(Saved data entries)
-- Opening Marker --
//! What the host of a device hands in and takes.

ghost use Rattle.std.specs.Prelude.{◌≡◌, ◌≢◌, ◌++◌, true, Some, None, IfErr, OnOk, OnErr, IsSome, is_some, length};
ghost use Rattle.std.specs.Bool.{OnTrue, OnFalse};
ghost use Rattle.std.specs.Option.{option_map};
ghost use Rattle.guest_memory.specs.Memory.{Memory, SameRange};
ghost use Rattle.mmio_window.specs.Window.{with_config_changed};
ghost use Rattle.device_list.specs.Card.{receive_refusal};
ghost use Rattle.device_list.specs.Device.{IsSoundDevice, Told, linked, received, resized, supplied, supply_taken, with_model};
ghost use Rattle.device_list.specs.Model.{card_of, disk_of, is_at_work, is_starving, outgoing_of, sent_of, terminal_of, without_sent};
ghost use Rattle.hosted_disk.specs.Told.{has_effect};

use crate::device::VirtioDevice;
use crate::model::DeviceModel;
use crate::refusal::ReceiveRefusal;
use block_device::HostEvent;
use chain::Chain;
use guest_memory::GuestMemory;
use hosted_disk::HostedDisk;
use std::alloc::Allocator;

impl<A: Allocator> VirtioDevice<A> {
    /// Whether its driver sends anything that the host takes: frames of a card, or output of a console.
    pub(crate) fn is_sender(&self) -> bool
        ensures { result ≡ is_some (outgoing_of self.now.model) }
    {
        matches!(
            self.model,
            DeviceModel::Network(_) | DeviceModel::Console(_)
        )
    }

    /// Takes what the host supplies, and answers how many bytes it took: there is no answer of a device that takes none. Its
    /// queue 0 is to be served next.
    pub(crate) fn supply(&mut self, bytes: &[u8]) -> Option<usize>
        ensures taken { result ≡ supply_taken bytes.now self.old }
        ensures supplied { self.new ≡ with_model (supplied bytes.now) self.old }
        ensures kept { result ≡ None → self.new ≡ self.old }
        ensures sound { (m : Memory) → IsSoundDevice m self.old → IsSoundDevice m self.new }
    {
        match &mut self.model {
            DeviceModel::Entropy(entropy) => Some(entropy.supply(bytes)),
            DeviceModel::Console(terminal) => Some(terminal.supply(bytes)),
            _ => None,
        }
    }

    /// Takes a frame of the host, or refuses it. The receive queue is to be served next.
    pub(crate) fn receive(&mut self, frame: &[u8]) -> Result<(), ReceiveRefusal>
        ensures fits { OnOk result (receive_refusal frame.now (card_of self.old.model) ≡ None) }
        ensures received { OnOk result (self.new ≡ with_model (received frame.now) self.old) }
        ensures refused { IfErr result (λ why. receive_refusal frame.now (card_of self.old.model) ≡ Some why) }
        ensures kept { OnErr result (self.new ≡ self.old) }
        ensures sound { (m : Memory) → IsSoundDevice m self.old → IsSoundDevice m self.new }
    {
        match &mut self.model {
            DeviceModel::Network(card) => card.receive(frame).map_err(ReceiveRefusal::Frame),
            _ => Err(ReceiveRefusal::NoDevice),
        }
    }

    /// What the driver sent and the host takes now, in two parts: a card's oldest frame, or all output of a console.
    pub(crate) fn sent(&self) -> Option<(&[u8], &[u8])>
        ensures { option_map (λ parts. parts.0.now ++ parts.1.now) result ≡ sent_of self.now.model }
    {
        match &self.model {
            DeviceModel::Network(card) => card.sent(),
            DeviceModel::Console(terminal) => terminal.sent(),
            _ => None,
        }
    }

    /// Takes that away, and answers how many bytes it has. The transmit queue is to be served next, where nothing more waits. There is
    /// no answer where nothing waits: nothing has changed then.
    pub(crate) fn take_sent(&mut self) -> Option<usize>
        ensures count { result ≡ option_map (λ sent. length sent) (sent_of self.old.model) }
        ensures taken { IsSome result → self.new ≡ with_model without_sent self.old }
        ensures kept { result ≡ None → self.new ≡ self.old }
        ensures sound { (m : Memory) → IsSoundDevice m self.old → IsSoundDevice m self.new }
    {
        match &mut self.model {
            DeviceModel::Network(card) => card.take_sent(),
            DeviceModel::Console(terminal) => terminal.take_sent(),
            _ => None,
        }
    }

    /// Sets whether the link is up, and tells the driver (5.1.4). False where it is no network card: nothing has changed then.
    pub(crate) fn set_link(&mut self, up: bool) -> bool
        ensures found { result ≡ is_some (card_of self.old.model) }
        ensures linked { OnTrue result (self.new ≡ linked up self.old) }
        ensures kept { OnFalse result (self.new ≡ self.old) }
        ensures sound { (m : Memory) → IsSoundDevice m self.old → IsSoundDevice m self.new }
    {
        let DeviceModel::Network(card) = &mut self.model else {
            return false;
        };
        card.set_link(up);
        self.config_changed();
        true
    }

    /// Changes the size, and tells the driver (5.3.4). False where it is no console: nothing has changed then.
    pub(crate) fn resize(&mut self, cols: u16, rows: u16) -> bool
        ensures found { result ≡ is_some (terminal_of self.old.model) }
        ensures resized { OnTrue result (self.new ≡ resized cols rows self.old) }
        ensures kept { OnFalse result (self.new ≡ self.old) }
        ensures sound { (m : Memory) → IsSoundDevice m self.old → IsSoundDevice m self.new }
    {
        let DeviceModel::Console(terminal) = &mut self.model else {
            return false;
        };
        terminal.resize(cols, rows);
        self.config_changed();
        true
    }

    // Its configuration changed: the driver is told (2.5.1).
    fn config_changed(&mut self)
        ensures changed { self.new ≡ record self.old { window = with_config_changed self.old.window } }
        ensures sound { (m : Memory) → IsSoundDevice m self.old → IsSoundDevice m self.new }
    {
        self.window.config_changed();
    }

    /// Whether a chain is on offer that waits for what the host supplies or sends.
    pub(crate) fn starved<M: Allocator>(&self, mem: &GuestMemory<M>, room: &mut Chain) -> bool
        requires sound { IsSoundDevice mem.now self.now }
        ensures { result ≡ is_starving self.now.model mem.now self.now.window }
    {
        match &self.model {
            DeviceModel::Entropy(entropy) => entropy.starved(mem, &self.window, room),
            DeviceModel::Network(card) => card.starved(mem, &self.window, room),
            DeviceModel::Console(terminal) => terminal.starved(mem, &self.window, room),
            _ => false,
        }
    }

    /// The disk that its host serves, if it is one.
    pub(crate) fn disk(&self) -> Option<&HostedDisk<A>>
        ensures { option_map (λ disk. disk.now) result ≡ disk_of self.now.model }
    {
        self.model.disk()
    }

    /// Whether anything is in flight of it.
    pub(crate) fn is_at_work(&self) -> bool
        ensures { result ≡ is_at_work self.now.model }
    {
        match &self.model {
            DeviceModel::Block(disk) => disk.is_busy(),
            _ => false,
        }
    }

    /// Does what the host says of the disk that it is, and answers whether there was something to do. There is no answer of
    /// another device. But where there was, nothing has changed.
    pub(crate) fn tell<M: Allocator>(
        &mut self,
        said: HostEvent,
        mem: &mut GuestMemory<M>,
        room: &mut Chain,
    ) -> Option<bool>
        requires sound { IsSoundDevice mem.old self.old }
        ensures found { result ≡ option_map (has_effect said) (disk_of self.old.model) }
        ensures does { result ≡ Some true → Told said mem.old mem.new self.old self.new }
        ensures kept { result ≢ Some true → self.new ≡ self.old }
        ensures unwritten { result ≢ Some true → mem.new ≡ mem.old }
        ensures range { SameRange mem.old mem.new }
        ensures sound { IsSoundDevice mem.new self.new }
    {
        match &mut self.model {
            DeviceModel::Block(disk) => Some(disk.tell(said, mem, &mut self.window, room)),
            _ => None,
        }
    }
}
-- Closing Marker --
Action item. Copy the data exactly. Leave nothing out.

Answer for this exercise.
//! What the host of a device hands in and takes.

ghost use Rattle.std.specs.Prelude.{◌≡◌, ◌≢◌, ◌++◌, true, Some, None, IfErr, OnOk, OnErr, IsSome, is_some, length};
ghost use Rattle.std.specs.Bool.{OnTrue, OnFalse};
ghost use Rattle.std.specs.Option.{option_map};
ghost use Rattle.guest_memory.specs.Memory.{Memory, SameRange};
ghost use Rattle.mmio_window.specs.Window.{with_config_changed};
ghost use Rattle.device_list.specs.Card.{receive_refusal};
ghost use Rattle.device_list.specs.Device.{IsSoundDevice, Told, linked, received, resized, supplied, supply_taken, with_model};
ghost use Rattle.device_list.specs.Model.{card_of, disk_of, is_at_work, is_starving, outgoing_of, sent_of, terminal_of, without_sent};
ghost use Rattle.hosted_disk.specs.Told.{has_effect};

use crate::device::VirtioDevice;
use crate::model::DeviceModel;
use crate::refusal::ReceiveRefusal;
use block_device::HostEvent;
use chain::Chain;
use guest_memory::GuestMemory;
use hosted_disk::HostedDisk;
use std::alloc::Allocator;

impl<A: Allocator> VirtioDevice<A> {
    /// Whether its driver sends anything that the host takes: frames of a card, or output of a console.
    pub(crate) fn is_sender(&self) -> bool
        ensures { result ≡ is_some (outgoing_of self.now.model) }
    {
        matches!(
            self.model,
            DeviceModel::Network(_) | DeviceModel::Console(_)
        )
    }

    /// Takes what the host supplies, and answers how many bytes it took: there is no answer of a device that takes none. Its
    /// queue 0 is to be served next.
    pub(crate) fn supply(&mut self, bytes: &[u8]) -> Option<usize>
        ensures taken { result ≡ supply_taken bytes.now self.old }
        ensures supplied { self.new ≡ with_model (supplied bytes.now) self.old }
        ensures kept { result ≡ None → self.new ≡ self.old }
        ensures sound { (m : Memory) → IsSoundDevice m self.old → IsSoundDevice m self.new }
    {
        match &mut self.model {
            DeviceModel::Entropy(entropy) => Some(entropy.supply(bytes)),
            DeviceModel::Console(terminal) => Some(terminal.supply(bytes)),
            _ => None,
        }
    }

    /// Takes a frame of the host, or refuses it. The receive queue is to be served next.
    pub(crate) fn receive(&mut self, frame: &[u8]) -> Result<(), ReceiveRefusal>
        ensures fits { OnOk result (receive_refusal frame.now (card_of self.old.model) ≡ None) }
        ensures received { OnOk result (self.new ≡ with_model (received frame.now) self.old) }
        ensures refused { IfErr result (λ why. receive_refusal frame.now (card_of self.old.model) ≡ Some why) }
        ensures kept { OnErr result (self.new ≡ self.old) }
        ensures sound { (m : Memory) → IsSoundDevice m self.old → IsSoundDevice m self.new }
    {
        match &mut self.model {
            DeviceModel::Network(card) => card.receive(frame).map_err(ReceiveRefusal::Frame),
            _ => Err(ReceiveRefusal::NoDevice),
        }
    }

    /// What the driver sent and the host takes now, in two parts: a card's oldest frame, or all output of a console.
    pub(crate) fn sent(&self) -> Option<(&[u8], &[u8])>
        ensures { option_map (λ parts. parts.0.now ++ parts.1.now) result ≡ sent_of self.now.model }
    {
        match &self.model {
            DeviceModel::Network(card) => card.sent(),
            DeviceModel::Console(terminal) => terminal.sent(),
            _ => None,
        }
    }

    /// Takes that away, and answers how many bytes it has. The transmit queue is to be served next, where nothing more waits. There is
    /// no answer where nothing waits: nothing has changed then.
    pub(crate) fn take_sent(&mut self) -> Option<usize>
        ensures count { result ≡ option_map (λ sent. length sent) (sent_of self.old.model) }
        ensures taken { IsSome result → self.new ≡ with_model without_sent self.old }
        ensures kept { result ≡ None → self.new ≡ self.old }
        ensures sound { (m : Memory) → IsSoundDevice m self.old → IsSoundDevice m self.new }
    {
        match &mut self.model {
            DeviceModel::Network(card) => card.take_sent(),
            DeviceModel::Console(terminal) => terminal.take_sent(),
            _ => None,
        }
    }

    /// Sets whether the link is up, and tells the driver (5.1.4). False where it is no network card: nothing has changed then.
    pub(crate) fn set_link(&mut self, up: bool) -> bool
        ensures found { result ≡ is_some (card_of self.old.model) }
        ensures linked { OnTrue result (self.new ≡ linked up self.old) }
        ensures kept { OnFalse result (self.new ≡ self.old) }
        ensures sound { (m : Memory) → IsSoundDevice m self.old → IsSoundDevice m self.new }
    {
        let DeviceModel::Network(card) = &mut self.model else {
            return false;
        };
        card.set_link(up);
        self.config_changed();
        true
    }

    /// Changes the size, and tells the driver (5.3.4). False where it is no console: nothing has changed then.
    pub(crate) fn resize(&mut self, cols: u16, rows: u16) -> bool
        ensures found { result ≡ is_some (terminal_of self.old.model) }
        ensures resized { OnTrue result (self.new ≡ resized cols rows self.old) }
        ensures kept { OnFalse result (self.new ≡ self.old) }
        ensures sound { (m : Memory) → IsSoundDevice m self.old → IsSoundDevice m self.new }
    {
        let DeviceModel::Console(terminal) = &mut self.model else {
            return false;
        };
        terminal.resize(cols, rows);
        self.config_changed();
        true
    }

    // Its configuration changed: the driver is told (2.5.1).
    fn config_changed(&mut self)
        ensures changed { self.new ≡ record self.old { window = with_config_changed self.old.window } }
        ensures sound { (m : Memory) → IsSoundDevice m self.old → IsSoundDevice m self.new }
    {
        self.window.config_changed();
    }

    /// Whether a chain is on offer that waits for what the host supplies or sends.
    pub(crate) fn starved<M: Allocator>(&self, mem: &GuestMemory<M>, room: &mut Chain) -> bool
        requires sound { IsSoundDevice mem.now self.now }
        ensures { result ≡ is_starving self.now.model mem.now self.now.window }
    {
        match &self.model {
            DeviceModel::Entropy(entropy) => entropy.starved(mem, &self.window, room),
            DeviceModel::Network(card) => card.starved(mem, &self.window, room),
            DeviceModel::Console(terminal) => terminal.starved(mem, &self.window, room),
            _ => false,
        }
    }

    /// The disk that its host serves, if it is one.
    pub(crate) fn disk(&self) -> Option<&HostedDisk<A>>
        ensures { option_map (λ disk. disk.now) result ≡ disk_of self.now.model }
    {
        self.model.disk()
    }

    /// Whether anything is in flight of it.
    pub(crate) fn is_at_work(&self) -> bool
        ensures { result ≡ is_at_work self.now.model }
    {
        match &self.model {
            DeviceModel::Block(disk) => disk.is_busy(),
            _ => false,
        }
    }

    /// Does what the host says of the disk that it is, and answers whether there was something to do. There is no answer of
    /// another device. But where there was, nothing has changed.
    pub(crate) fn tell<M: Allocator>(
        &mut self,
        said: HostEvent,
        mem: &mut GuestMemory<M>,
        room: &mut Chain,
    ) -> Option<bool>
        requires sound { IsSoundDevice mem.old self.old }
        ensures found { result ≡ option_map (has_effect said) (disk_of self.old.model) }
        ensures does { result ≡ Some true → Told said mem.old mem.new self.old self.new }
        ensures kept { result ≢ Some true → self.new ≡ self.old }
        ensures unwritten { result ≢ Some true → mem.new ≡ mem.old }
        ensures range { SameRange mem.old mem.new }
        ensures sound { IsSoundDevice mem.new self.new }
    {
        match &mut self.model {
            DeviceModel::Block(disk) => Some(disk.tell(said, mem, &mut self.window, room)),
            _ => None,
        }
    }
}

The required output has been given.